Adapter proteins SLP-76 and BLNK both are expressed by murine macrophages and are linked to signaling via Fcγ receptors I and II/III

  1. Francisco A. Bonilla*,
  2. Ross M. Fujita*,
  3. Vadim I. Pivniouk*,
  4. Andrew C. Chan, and
  5. Raif S. Geha*,
  1. *Division of Immunology, Children's Hospital, and Department of Pediatrics, Harvard Medical School, Boston, MA 02115; and Howard Hughes Medical Institute, Center for Immunology, and Departments of Medicine and Pathology, Washington University School of Medicine, St. Louis, MO 63110

  1. Communicated by Frederick W. Alt, Harvard Medical School, Boston, MA (received for review August 10, 1999)

Abstract

The SLP-76 (Src homology 2 domain-containing leukocyte protein of 76 kDa) adapter protein is expressed in T cells and myeloid cells, whereas its homologue BLNK (B cell linker protein) is expressed in B cells. SLP-76 and BLNK link immunoreceptor tyrosine-based activation motif-containing receptors to signaling molecules that include phospholipase C-γ, mitogen-activated protein kinases, and the GTPases Ras and Rho.

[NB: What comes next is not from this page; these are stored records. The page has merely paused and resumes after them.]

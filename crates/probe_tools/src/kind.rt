use crate::fault::ToolFault;
use dgram::Body;
use fed_types::{BagId, Ballot, SiteNo, Vote};

const BAG: BagId = BagId([0xaa; 64]);

/// A kind of message that site 1 takes in for each slot.
#[derive(Clone, Copy)]
pub(crate) enum Kind {
    Prepare,
    Promise,
    Accept,
    Accepted,
    Refused,
    Ask,
    Known,
}

impl Kind {
    /// All kinds, in the order of a round.
    pub(crate) fn all() -> [Kind; 7] {
        [
            Kind::Prepare,
            Kind::Promise,
            Kind::Accept,
            Kind::Accepted,
            Kind::Refused,
            Kind::Ask,
            Kind::Known,
        ]
    }

    pub(crate) fn name(self) -> &'static str {
        match self {
            Kind::Prepare => "Prepare",
            Kind::Promise => "Promise",
            Kind::Accept => "Accept",
            Kind::Accepted => "Accepted",
            Kind::Refused => "Refused",
            Kind::Ask => "Ask",
            Kind::Known => "Known",
        }
    }

    /// What it says: of the ballot (1, 1), and sent by site 2 where that isn't asked by site 1.
    pub(crate) fn body(self) -> Result<Body, ToolFault> {
        let from = SiteNo::new(2)?;
        let ballot = Ballot::new(1, SiteNo::new(1)?)?;
        let standing = Ballot::new(2, from)?;
        Ok(self.body_of(from, ballot, standing))
    }

    fn body_of(self, from: SiteNo, ballot: Ballot, standing: Ballot) -> Body {
        let vote = Vote { ballot, bag: BAG };
        match self {
            Kind::Prepare => Body::Prepare { ballot },
            Kind::Promise => Body::Promise {
                from,
                ballot,
                prior: None,
            },
            Kind::Accept => Body::Accept { vote },
            Kind::Accepted => Body::Accepted { from, vote },
            Kind::Refused => Body::Refused {
                from,
                asked: ballot,
                standing,
            },
            Kind::Ask => Body::Ask { from },
            Kind::Known => Body::Known { from, bag: BAG },
        }
    }
}
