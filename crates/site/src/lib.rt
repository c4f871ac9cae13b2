//! A site of a federation: the acceptor, proposer and learner of every slot over one book, which
//! keeps its word through a crash. Each call commits its one record first, and then hands out its
//! datagrams.
//!
//! Many calls can share one sync: `Site::begin_batch` makes the site a `Batch`, which has the same
//! calls. Each sees the records of those before it, synced or not. Its answer, or the reply to a
//! query, is sealed: no code can take it before `Batch::sync` writes all records that wait in one
//! append, syncs once, and hands out all answers in order. If the device fails no answer is handed
//! out, and the cell has to be opened again. If a call finds no memory, its answer says so; if
//! there is none to seal an answer, the call is refused and changes nothing. `Site::part` gives the
//! site and its cell apart, for a caller that keeps back by itself what the calls answer.
//!
//! ```
//! match Site::open(alloc, cell, Owner { members, site }) {
//!     Ok(site) => serve_as(alloc, site, port, folders, service, output),
//!     Err((_, fault)) => write_numbered(output, open_line(alloc, fault)),
//! }
//! ```
#![tactic(auto)]

mod answer;
mod arrivals;
mod batch;
mod begun_ballot;
mod commit;
mod datagrams;
mod deposits;
mod fault;
mod law;
mod member_site;
mod sealed_answer;
mod tables;
mod waiting_site;

pub use answer::{Answer, Line, Outgoing, Reply};
pub use batch::Batch;
pub use fault::SiteFault;
pub use law::a_site_reports_one_bag;
pub use member_site::Site;
pub use sealed_answer::SealedAnswer;
pub use tables::Tables;
pub use waiting_site::Synced;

SLP-76 plays a critical role in T cell receptor, FcɛRI and gpVI collagen receptor signaling, and participates in signaling via FcγR and killer cell inhibitory receptors. BLNK plays a critical role in B cell receptor signaling. We show that murine bone marrow-derived macrophages express both SLP-76 and BLNK. Selective ligation of FcγRI and FcγRII/III resulted in tyrosine phosphorylation of both SLP-76 and BLNK. SLP-76−/− bone marrow-derived macrophages display FcγR-mediated tyrosine phosphorylation of Syk, phospholipase C-γ2, and extracellular signal regulated kinases 1 and 2, and normal FcγR-dependent phagocytosis. These data suggest that both SLP-76 and BLNK are coupled to FcγR signaling in murine macrophages.

Footnotes

  • To whom reprint requests should be addressed at: Division of Immunology, Children's Hospital, Enders Building, Room 809, 300 Longwood Avenue, Boston, MA 02115. E-mail: geha{at}a1.tch.harvard.edu.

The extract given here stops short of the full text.